[Collected data]
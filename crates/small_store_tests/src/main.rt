//! What the small store answers and does: reads rows from standard input, octets of clients and what the store's owner does, and
//! prints what comes of them. The legend stands at the top of the file `stdin`, and what has to come of its rows in the file `stdout`.
#![tactic(auto)]

// Octets as text.
mod written;

// What a client asks, and what the owner does.
mod asking;
mod owner;

// What a client learns that comes back later.
mod copies;
mod history;

// Clients one after another.
mod clients;

use small_store::StoreMachine;
use std::alloc::{AllocError, Global};
use std::io;
use store_sessions::CommandStore;
use test_rows::{TestRows, answer_rows, first_word};

/// Does what a word says to the store, and adds what comes of it.
fn do_row(
    alloc: Global,
    store: &mut StoreMachine,
    (word, text): (&str, &str),
    out: &mut String,
) -> Result<(), AllocError> {
    match word {
        "begin" => {
            store.begin_session();
            Ok(())
        }
        "ask" => asking::ask(alloc, store, text, out),
        "still" => asking::ask_still(alloc, store, text, out),
        "turn" => asking::put_turn(alloc, store, text, out),
        "responds" => asking::put_response(alloc, store, text, out),
        "serve" => clients::serve(alloc, store, text, out),
        "history" => history::put_history(alloc, store, text, out),
        _ => owner::do_call(alloc, store, word, text, out),
    }
}

/// The store that the rows so far have left.
#[derive(Drop)]
struct Rows {
    store: StoreMachine,
    alloc: Global,
}

impl TestRows for Rows {
    /// Each title begins with a store of its own.
    fn begin(&mut self) -> Result<(), AllocError> {
        self.store = StoreMachine::new(self.alloc)?;
        Ok(())
    }

    fn take(&mut self, line: &str, out: &mut String) -> Result<(), AllocError> {
        do_row(self.alloc, &mut self.store, first_word(line), out)
    }
}

fn main(rt: HostRuntime) -> io::Result<()> {
    let alloc = rt.alloc();
    let store = StoreMachine::new(alloc)?;
    answer_rows(&rt, &mut Rows { store, alloc })
}
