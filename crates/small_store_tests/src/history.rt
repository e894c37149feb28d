// A history of INBOX, and clients that come back to it (RFC 7162 section 3.2.5).
use crate::copies::Copy;
use crate::owner::deliver;
use small_store::StoreMachine;
use std::alloc::{AllocError, Global};
use store_sessions::take_turn;
use test_rows::first_number;
use told_dialogues::exchange_of;

/// How many messages the store has.
fn count_messages(store: &StoreMachine) -> usize {
    let mut count: usize = 0;
    for folder in store.folders() {
        count = count.saturating_add(folder.messages().len());
    }
    count
}

/// Makes the change of this number; the messages that are changed stand at places that are spread over all.
fn change(store: &mut StoreMachine, number: usize) -> Result<bool, AllocError> {
    let place = number.saturating_mul(7);
    let at = place.checked_rem(count_messages(store)).unwrap_or(0);
    match number % 7 {
        0 | 2 => deliver(store, b"INBOX", b"a"),
        4 => deliver(store, b"Archive", b"b"),
        1 | 5 => store.toggle_seen(at),
        3 => store.shift(at),
        _ => store.expunge(at),
    }
}

/// What INBOX holds.
fn inbox(alloc: Global, store: &StoreMachine) -> Result<Option<Copy>, AllocError> {
    match store.folders().first() {
        Some(folder) => Ok(Some(Copy::new(alloc, folder)?)),
        None => Ok(None),
    }
}

/// Makes so many changes, and adds a copy of INBOX after each that was made.
fn make_changes(
    alloc: Global,
    store: &mut StoreMachine,
    count: usize,
    copies: &mut Vec<Copy>,
) -> Result<(), AllocError> {
    for number in 0..count {
        if change(store, number)?
            && let Some(copy) = inbox(alloc, store)?
        {
            copies.push(copy)?;
        }
    }
    Ok(())
}

/// Brings the copy up to date by what a SELECT since its mod-sequence tells.
fn bring_up(alloc: Global, store: &mut StoreMachine, copy: &mut Copy) -> Result<(), AllocError> {
    let text = format!(in alloc; "a SELECT \"INBOX\" (QRESYNC (1 {}))\r\n", copy.modseq)?;
    store.is_tellable();
    let turn = take_turn(alloc, store, text.as_bytes())?;
    if let Some(told) = exchange_of(alloc, "select INBOX", b"INBOX", turn.octets())? {
        for response in told.responses.as_slice() {
            copy.take(response)?;
        }
    }
    Ok(())
}

/// How many of the copies are INBOX as it is.
fn count_fresh(copies: &[Copy], fresh: &Copy) -> usize {
    copies.iter().filter(|copy| copy.is_as(fresh)).count()
}

/// Adds how many changes of so many were made, how many copies from after each were INBOX as it is at the end, and how many are when
/// they were brought up to date.
pub(crate) fn put_history(
    alloc: Global,
    store: &mut StoreMachine,
    text: &str,
    out: &mut String,
) -> Result<(), AllocError> {
    let (count, _) = first_number(text);
    let mut copies = Vec::new(alloc);
    make_changes(
        alloc,
        store,
        usize::try_from(count).unwrap_or(0),
        &mut copies,
    )?;
    let Some(fresh) = inbox(alloc, store)? else {
        return out.push_str("no INBOX\n");
    };
    let before = count_fresh(&copies, &fresh);
    for copy in copies.iter_mut() {
        bring_up(alloc, store, copy)?;
    }
    let after = count_fresh(&copies, &fresh);
    let made = copies.len();
    writeln!(
        out,
        "{made} changes; {before} copies are INBOX, {after} when brought up to date"
    )
}
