// A client's copy of INBOX, brought up to date by what a SELECT tells.
use imap_grammar::{Code, FetchItems, Response};
use imap_types::UidSet;
use octets::Names;
use small_mail::StoredFolder;
use std::alloc::{AllocError, Global};
use std::collections::BTreeMap;

/// The messages by their UIDs, each with its flags and its mod-sequence as text.
#[derive(Drop)]
pub(crate) struct Copy {
    pub modseq: u64,
    count: u32,
    messages: BTreeMap<u32, String>,
    alloc: Global,
}

impl Copy {
    /// What the folder holds.
    pub(crate) fn new(alloc: Global, folder: &StoredFolder) -> Result<Copy, AllocError> {
        let mut copy = Copy {
            modseq: folder.highest(),
            count: 0,
            messages: BTreeMap::new(alloc),
            alloc,
        };
        for message in folder.messages() {
            copy.put(message.uid(), message.flags(), message.modseq())?;
            copy.count = copy.count.saturating_add(1);
        }
        Ok(copy)
    }

    fn put(&mut self, uid: u32, flags: &Names, modseq: u64) -> Result<(), AllocError> {
        let text = format!(in self.alloc; "{flags:?} {modseq}")?;
        self.messages.insert(uid, text)?;
        Ok(())
    }

    fn take_out(&mut self, uids: &UidSet) {
        for range in uids.ranges.as_slice() {
            for uid in range.first..=range.last {
                self.messages.remove(&uid);
            }
        }
    }

    fn put_items(&mut self, items: &FetchItems) -> Result<(), AllocError> {
        match items {
            FetchItems {
                uid: Some(uid),
                flags: Some(flags),
                modseq: Some(modseq),
                ..
            } => self.put(*uid, flags, *modseq),
            _ => Ok(()),
        }
    }

    /// Takes what a response to a SELECT tells.
    pub(crate) fn take(&mut self, response: &Response) -> Result<(), AllocError> {
        match response {
            Response::Exists(count) => self.count = *count,
            Response::Untagged {
                code: Code::HighestModSeq(modseq),
                ..
            } => self.modseq = *modseq,
            Response::Vanished {
                earlier: true,
                uids,
            } => self.take_out(uids),
            Response::Fetch { items, .. } => self.put_items(items)?,
            _ => {}
        }
        Ok(())
    }

    /// Whether both copies say the same.
    pub(crate) fn is_as(&self, other: &Copy) -> bool {
        self.modseq == other.modseq && self.count == other.count && self.messages == other.messages
    }
}
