// Clients, one after another.
use crate::written::{put_told, written};
use gate_world::Event;
use scripted_world::{Script, ScriptWorld};
use small_store::StoreMachine;
use std::alloc::{AllocError, Global};
use store_sessions::serve_sessions;
use test_rows::first_number;

/// Adds who it was, and the octets.
fn put_line(alloc: Global, who: &str, octets: &[u8], out: &mut String) -> Result<(), AllocError> {
    write!(out, "{who}: ")?;
    put_told(alloc, octets, "|", out)?;
    out.push('\n')
}

/// Adds an event: C is a client, S the store.
fn put_event(alloc: Global, event: &Event, out: &mut String) -> Result<(), AllocError> {
    match event {
        Event::ClientGave(octets) => put_line(alloc, "C", octets.as_slice(), out),
        Event::ClientTook(octets) => put_line(alloc, "S", octets.as_slice(), out),
        other => writeln!(out, "{other:?}"),
    }
}

/// The script of clients that give these octets, with `&` between two, at most `piece` octets at once; the call of the number fails.
fn script_of(
    alloc: Global,
    piece: usize,
    failing: u64,
    clients: &str,
) -> Result<Script, AllocError> {
    let mut script = Script::new(alloc)?.in_pieces(piece).failing(failing)?;
    for client in clients.split('&') {
        script = script.with_client(&written(alloc, client)?)?;
    }
    Ok(script)
}

/// Serves clients of the store, and adds what was given and taken, and the status: MOST PIECE FAILING CLIENTS.
pub(crate) fn serve(
    alloc: Global,
    store: &mut StoreMachine,
    text: &str,
    out: &mut String,
) -> Result<(), AllocError> {
    let (most, text) = first_number(text);
    let (piece, text) = first_number(text);
    let (failing, clients) = first_number(text);
    let piece = usize::try_from(piece).unwrap_or(1);
    let script = script_of(alloc, piece, failing, clients)?;
    let mut world = ScriptWorld::new(alloc, script);
    store.is_tellable();
    let status = serve_sessions(alloc, store, &mut world, most);
    for event in world.events().unwrap_or(&[]) {
        put_event(alloc, event, out)?;
    }
    writeln!(out, "status {status}")
}
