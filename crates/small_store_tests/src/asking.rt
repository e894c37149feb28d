// What a client asks.
use crate::written::{put_told, written};
use small_store::StoreMachine;
use std::alloc::{AllocError, Global};
use store_commands::{CommandRead, read_command};
use store_sessions::{read_may_be_told, take_turn};

/// Adds what the command of this text is told, its line end left out, a line for each line.
pub(crate) fn ask(
    alloc: Global,
    store: &mut StoreMachine,
    text: &str,
    out: &mut String,
) -> Result<(), AllocError> {
    let mut octets = written(alloc, text)?;
    octets.extend_from_slice(b"\r\n")?;
    store.is_tellable();
    let turn = take_turn(alloc, store, &octets)?;
    put_told(alloc, turn.octets(), "\n", out)
}

/// The same, and adds whether the mail is as it was before.
pub(crate) fn ask_still(
    alloc: Global,
    store: &mut StoreMachine,
    text: &str,
    out: &mut String,
) -> Result<(), AllocError> {
    let before = format!(in alloc; "{:?}", store.folders())?;
    ask(alloc, store, text, out)?;
    let after = format!(in alloc; "{:?}", store.folders())?;
    if before == after {
        out.push_str("(the same mail)\n")
    } else {
        out.push_str("(other mail)\n")
    }
}

/// Adds how many of the octets are read at once, and what the client is told then.
pub(crate) fn put_turn(
    alloc: Global,
    store: &mut StoreMachine,
    text: &str,
    out: &mut String,
) -> Result<(), AllocError> {
    let octets = written(alloc, text)?;
    store.is_tellable();
    let turn = take_turn(alloc, store, &octets)?;
    write!(out, "{}:", turn.length())?;
    put_told(alloc, turn.octets(), "|", out)?;
    out.push('\n')
}

/// Adds how many responses the store gives to the command of these octets, and what the tagged one says.
pub(crate) fn put_response(
    alloc: Global,
    store: &mut StoreMachine,
    text: &str,
    out: &mut String,
) -> Result<(), AllocError> {
    let octets = written(alloc, text)?;
    read_may_be_told();
    let read = read_command(alloc, &octets)?;
    match read {
        CommandRead::Whole { command, .. } => {
            let answer = store.respond(&command)?;
            let count = answer.responses.len();
            writeln!(out, "{count} {:?} {:?}", answer.status, answer.code)
        }
        _ => out.push_str("no command\n"),
    }
}
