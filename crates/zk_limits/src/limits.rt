//! Numbers of bytes, of calls, of paths.

/// The most bytes of a path's text. It is this client's own limit, since ZooKeeper sets none but that of a request: a path is
/// a small part of each, and fits a part of setWatches by itself.
pub const LONGEST_PATH: usize = 4_096;

/// The most bytes of a payload that is sent: a ZooKeeper server ends the connection at a longer one, by its `jute.maxbuffer`
/// (0xfffff where it is not set; ZooKeeper Administrator's Guide, "Unsafe Options").
pub const LONGEST_OUTGOING: usize = 1_048_575;

/// The most bytes of a payload that comes. It is this client's own limit: four times what a server takes, since a list of names
/// may be longer than any request, and a length beyond it is no answer but a broken stream.
pub const LONGEST_INCOMING: usize = 4_194_304;

/// The most bytes of a session's password. A payload that comes has at most [`LONGEST_INCOMING`] bytes, and 20 of a
/// ConnectResponse (zookeeper.jute) stand outside its password, so no response can bring more.
pub const LONGEST_PASSWORD: usize = 4_194_284;

/// The most calls that are pending at a time; parts of setWatches are not counted. It is this client's own limit, and bounds the
/// memory that questions take while their replies are awaited.
pub const MOST_PENDING: u32 = 1_024;

/// The most paths that are watched on a side. It is this client's own limit, and bounds the memory of the registry and what a
/// new connection sends first.
pub const MOST_PATHS: usize = 65_536;

/// The most that the paths of a part of setWatches weigh, in bytes: a path weighs what it takes in the request, 4 for its
/// length and its bytes. It is that of ZooKeeper's Java client (`SET_WATCHES_MAX_LENGTH`, 128 * 1024), well below
/// [`LONGEST_OUTGOING`].
pub const MOST_WEIGHT: usize = 131_072;
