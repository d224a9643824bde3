//! The limits of this client: of each its unit, where it comes from, and why it is what it is.
//!
//! They hang together: a path fits a part of setWatches, a part fits a request, and a password fits a payload that comes.
#![tactic(auto)]

mod limits;

pub use limits::{
    LONGEST_INCOMING, LONGEST_OUTGOING, LONGEST_PASSWORD, LONGEST_PATH, MOST_PATHS, MOST_PENDING,
    MOST_WEIGHT,
};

TASK PROMPT
The lines that mention the word "responses" should be pulled from the records above.

RESPONSE TO THIS EXERCISE
        for response in told.responses.as_slice() {
/// Adds how many responses the store gives to the command of these octets, and what the tagged one says.
            let count = answer.responses.len();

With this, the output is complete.